Especially when you consider that The Internet Archive is not representing the libraries of America in this case -- many libraries offer digital lending services that they negotiate with publishers. What The Internet Archive is doing is for The Internet Archive.
What Happens Now?
A judge has ruled on the case (against The Internet Archive) and an appeal has been filed.
So... what happens next? What real, practical impact will this have on The Internet Archive, Digital media, Libraries, and the like?
- There is no reason to believe that the first judge's decision will be reversed on appeal. Copyright law is pretty well established and tested -- and The Internet Archive was clearly in the wrong, from a legal perspective.
- The more The Internet Archive spends on failed lawsuits -- and programs that cause them to get sued -- the less money they have to run the rest of their programs (such as The Wayback Machine).
- Every lawsuit they lose -- dealing with illegal copying and distribution of Copyrighted material -- is going to increase the odds of more lawsuits being filed against them.
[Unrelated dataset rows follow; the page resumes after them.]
//! A data link: both links of one side of a channel, slot by slot.

ghost use Rattle.std.specs.Prelude.{◌≡◌, ◌≢◌, false, map, IfOk, OnOk, OnErr};
ghost use Rattle.std.specs.Result.{result_err};
ghost use Rattle.lapdm_frame.specs.Content.{frame_of_view};
ghost use Rattle.lapdm_frame.specs.Frames.{octets_of};
ghost use Rattle.lapdm_end.specs.lapdm_window.Calls.{endpoint_call_of, IsCallAllowedFor, OpensWithoutInfo, SendsUi, refusal_of};
ghost use Rattle.lapdm_end.specs.lapdm_window.segmenting.Buffers.{octets_in_buffer};
ghost use Rattle.lapdm_end.specs.lapdm_window.declared.Sapi.TheVariants as P;
ghost use Rattle.lapdm_end.specs.Addresses.{spec_role_of};
ghost use Rattle.lapdm_end.specs.lapdm_window.Ends.{initial_endpoint};
ghost use Rattle.lapdm_datalink.specs.Links.{link_with, afresh, IsLinkCall, for_call, after_call};
ghost use Rattle.lapdm_datalink.specs.Links.{for_establishment, after_establishment, unacked_messages};
ghost use Rattle.lapdm_datalink.specs.Abstraction as L;
ghost use Rattle.lapdm_datalink.specs.DataLinks.{
  DataLinkState,
  initial_data_link,
  link_with_sapi,
  with_link,
  holds_up_sapi3,
  unit_frame,
};
ghost use Rattle.lapdm_datalink.specs.Abstraction.{channel_of as link_channel, role_of as link_role, sapi_of};

use crate::links::{Link, on_sapi0};
use lapdm_end::{Call, Channel, MessageBuffer, Refused, Role, Sapi};
use lapdm_frame::{BLOCK_OCTETS, Body, FrameView};

/// How the link of SAPI 0 is established.
#[derive(Clone, Copy, Debug, PartialEq, Eq)]
pub enum Establishment {
    /// By the mobile, with contention resolution: the SABM and the UA carry its first message.
    Contention,
    /// By either side, without information, as SAPI 3: after an assignment, a handover or a return.
    Normal,
}

/// A data link: both links of a mobile or of a network, and what it knows of the slot.
#[derive(Debug, Drop)]
pub struct DataLink {
    pub(crate) link0: Link,
    pub(crate) link3: Link,
    // Whether a frame of SAPI 0 other than UI was received since the last slot.
    pub(crate) heard_sapi0: bool,
    // On SACCH, whether the link of SAPI 0 on the main channel is established.
    pub(crate) is_main_established: bool,
    ghost one_role: { link_role link3 ≡ link_role link0 },
    ghost one_channel: { link_channel link3 ≡ link_channel link0 },
    ghost sapi3: { sapi_of link3 ≡ P.Three },
}

/// What a data link does in a slot.
#[derive(Clone, Copy, Debug)]
pub struct Slot {
    /// The block to send, or `None` if the slot is free.
    pub block: Option<[u8; BLOCK_OCTETS]>,
    /// Whether the link of SAPI 0 was given up in this slot: it is closed as failed.
    pub gave_up0: bool,
    /// Whether the link of SAPI 3 was given up in this slot.
    pub gave_up3: bool,
}

impl DataLink {
    ghost use Rattle.lapdm_datalink.specs.Sides.{Represents, link_of, other, channel_of, role_of};

    /// Creates a data link with both links in Idle, and T200 of each in slots. With a T200 of 0, which would act as 1, it represents none.
    pub fn new_on(
        role: Role,
        channel: Channel,
        establishment: Establishment,
        t200: u8,
        t200_sapi3: u8,
    ) -> DataLink
        ensures represents { t200 ≢ 0 → t200_sapi3 ≢ 0
            → Represents result (initial_data_link (spec_role_of role) channel establishment t200 t200_sapi3) }
        ensures role { role_of result ≡ spec_role_of role }
        ensures channel { channel_of result ≡ channel }
    {
        let endpoint_sapi = match establishment {
            Establishment::Contention => Sapi::Zero,
            Establishment::Normal => Sapi::Three,
        };
        DataLink::with_endpoint(endpoint_sapi, role, channel, t200, t200_sapi3)
    }

    // Creates a data link whose link of SAPI 0 has an endpoint of this SAPI.
    pub(crate) fn with_endpoint(
        endpoint_sapi: Sapi,
        role: Role,
        channel: Channel,
        t200: u8,
        t200_sapi3: u8,
    ) -> DataLink
        ensures link0 { L.Represents result.link0 (link_with (initial_endpoint (spec_role_of role) endpoint_sapi channel) t200) }
        ensures link3 { L.Represents result.link3 (link_with (initial_endpoint (spec_role_of role) P.Three channel) t200_sapi3) }
        ensures heard { result.heard_sapi0 ≡ false }
        ensures main { result.is_main_established ≡ false }
        ensures role { role_of result ≡ spec_role_of role }
        ensures sapi { sapi_of result.link0 ≡ endpoint_sapi }
        ensures channel { channel_of result ≡ channel }
    {
        DataLink {
            link0: Link::new_on(role, endpoint_sapi, channel, t200),
            link3: Link::new_on(role, Sapi::Three, channel, t200_sapi3),
            heard_sapi0: false,
            is_main_established: false,
        }
    }

    /// Carries out a call of layer 3 that opens, sends over or closes the link with this SAPI. A link that is closed or open starts afresh
    /// first if the call opens it without information. A refused call changes nothing.
    pub fn call(&mut self, sapi: Sapi, call: &Call<'_>) -> Result<(), Refused>
        requires allowed { IsCallAllowedFor (role_of self.old) (sapi_of (link_of sapi self.old)) (endpoint_call_of call.now) }
        requires of_link { IsLinkCall (endpoint_call_of call.now) }
        ensures refusal { (s : DataLinkState) → Represents self.old s → result_err result
            ≡ refusal_of (endpoint_call_of call.now) (for_call (endpoint_call_of call.now) (link_with_sapi sapi s)).endpoint }
        ensures done { OnOk result ((s : DataLinkState) → Represents self.old s
            → Represents self.new (with_link sapi (after_call (endpoint_call_of call.now) (link_with_sapi sapi s)) s)) }
        ensures refused { OnErr result (self.new ≡ self.old) }
        ensures others { link_of (other sapi) self.new ≡ link_of (other sapi) self.old }
        ensures role { role_of self.new ≡ role_of self.old }
        ensures channel { channel_of self.new ≡ channel_of self.old }
    {
        match sapi {
            Sapi::Zero => self.link0.call(call),
            Sapi::Three => self.link3.call(call),
        }
    }

    /// Begins to establish the link of this SAPI without information: it starts afresh, and that of SAPI 0 is of normal establishment from
    /// then on. A refused call changes nothing.
    pub fn establish(&mut self, sapi: Sapi) -> Result<(), Refused>
        ensures refusal { (s : DataLinkState) → Represents self.old s
            → result_err result ≡ refusal_of OpensWithoutInfo (for_establishment (link_with_sapi sapi s)).endpoint }
        ensures done { OnOk result ((s : DataLinkState) → Represents self.old s
            → Represents self.new (with_link sapi (after_establishment (link_with_sapi sapi s)) s)) }
        ensures refused { OnErr result (self.new ≡ self.old) }
        ensures others { link_of (other sapi) self.new ≡ link_of (other sapi) self.old }
        ensures role { role_of self.new ≡ role_of self.old }
        ensures channel { channel_of self.new ≡ channel_of self.old }
    {
        match sapi {
            Sapi::Zero => self.link0.establish(),
            Sapi::Three => self.link3.establish(),
        }
    }

    /// Returns the messages that were passed to the link of this SAPI and are not completely acknowledged, oldest first.
    pub fn unacked(&self, sapi: Sapi) -> &[MessageBuffer]
        ensures { (s : DataLinkState) → Represents self.now s
            → map octets_in_buffer result.now ≡ unacked_messages (link_with_sapi sapi s).endpoint }
    {
        match sapi {
            Sapi::Zero => self.link0.unacked(),
            Sapi::Three => self.link3.unacked(),
        }
    }

    /// Returns the SAPI of the endpoint of the link with this SAPI: for SAPI 0 with normal establishment that is 3.
    pub fn endpoint_sapi(&self, sapi: Sapi) -> Sapi
        ensures sapi { result ≡ sapi_of (link_of sapi self.now) }
        ensures represents { (s : DataLinkState) → Represents self.now s → result ≡ (link_with_sapi sapi s).endpoint.sapi }
    {
        match sapi {
            Sapi::Zero => self.link0.endpoint_sapi(),
            Sapi::Three => self.link3.endpoint_sapi(),
        }
    }

    /// Encodes a UI frame with this SAPI, for a slot that is free.
    pub fn unit(&self, sapi: Sapi, message: &[u8]) -> Result<[u8; BLOCK_OCTETS], Refused>
        ensures refusal { (s : DataLinkState) → Represents self.now s
            → result_err result ≡ refusal_of (SendsUi message.now) (link_with_sapi sapi s).endpoint }
        ensures block { IfOk result (λ block. (s : DataLinkState) → Represents self.now s
            → block ≡ octets_of (channel_of self.now) (unit_frame sapi message.now s)) }
    {
        match sapi {
            Sapi::Zero => {
                let block = self.link0.unit(message)?;
                Ok(on_sapi0(self.link0.endpoint_sapi(), self.channel(), block))
            }
            Sapi::Three => self.link3.unit(message),
        }
    }

    /// Starts the link of this SAPI afresh (local end release): nothing is sent or reported.
    pub fn restart(&mut self, sapi: Sapi)
        ensures represents { (s : DataLinkState) → Represents self.old s
            → Represents self.new (with_link sapi (afresh (link_with_sapi sapi s)) s) }
        ensures others { link_of (other sapi) self.new ≡ link_of (other sapi) self.old }
        ensures role { role_of self.new ≡ role_of self.old }
        ensures channel { channel_of self.new ≡ channel_of self.old }
    {
        match sapi {
            Sapi::Zero => self.link0.restart(),
            Sapi::Three => self.link3.restart(),
        }
    }

    /// Returns the side of the data link.
    pub fn role(&self) -> Role
        ensures role { spec_role_of result ≡ role_of self.now }
        ensures represents { (s : DataLinkState) → Represents self.now s → spec_role_of result ≡ s.link0.endpoint.role }
    {
        self.link0.endpoint.role()
    }

    /// Returns the channel of the data link.
    pub fn channel(&self) -> Channel
        ensures channel { result ≡ channel_of self.now }
        ensures represents { (s : DataLinkState) → Represents self.now s → result ≡ s.link0.endpoint.channel }
    {
        self.link0.endpoint.channel()
    }
}

/// Returns whether this received frame took the slot of an answer on SAPI 3.
pub fn holds_up_sapi3(frame: &FrameView<'_>) -> bool
    ensures { result ≡ holds_up_sapi3 (frame_of_view frame.now) }
{
    match frame.body {
        Body::Ui { .. } => false,
        _ => frame.sapi == 0,
    }
}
The Internet Archive is, in effect, opening the floodgates of potential lawsuits across the spectrum of archived material (including music, software, and more).
- Because the "Controlled Digital Lending" program is part of The Internet Archive, the entire organization is liable for any damages. And, quite frankly, they don't have the money to spare to afford those damages.
- None of this will have much impact on libraries -- which have a variety of digital lending systems in place (working with a variety of publishers).
All of that is fairly obvious to any outside observer. Even someone who is a big fan of The Internet Archive (as I am), can see how the current course being followed will lead to some significant negative outcomes.
Worst case scenario?
- The Internet Archive (including The Wayback Machine, and the entire archive of software, music, and other cultural items) will be forced to shut down due to legal liabilities (and legal defense costs) from years of Copyright infringement.
- Other people, foundations, and companies interested in archiving culturally significant material will be increasingly hesitant to do so (they don't want to get sued out of existence either).
- Obtaining public domain and historical material will be significantly harder going forward.
All because of the Controlled Digital Lending program -- the Internet Archive simply pushed it too far. Far beyond the "legal gray areas" they previously operated in.
If any of those items actually come to pass, that would truly be a shame. The Internet Achive provides a valuable service for the world -- one which I use both personally and professionally.
How likely do I think that "worse case scenario" is? Pretty gosh darned likely. In large part because The Internet Archive seems determined -- from day one -- to make it happen.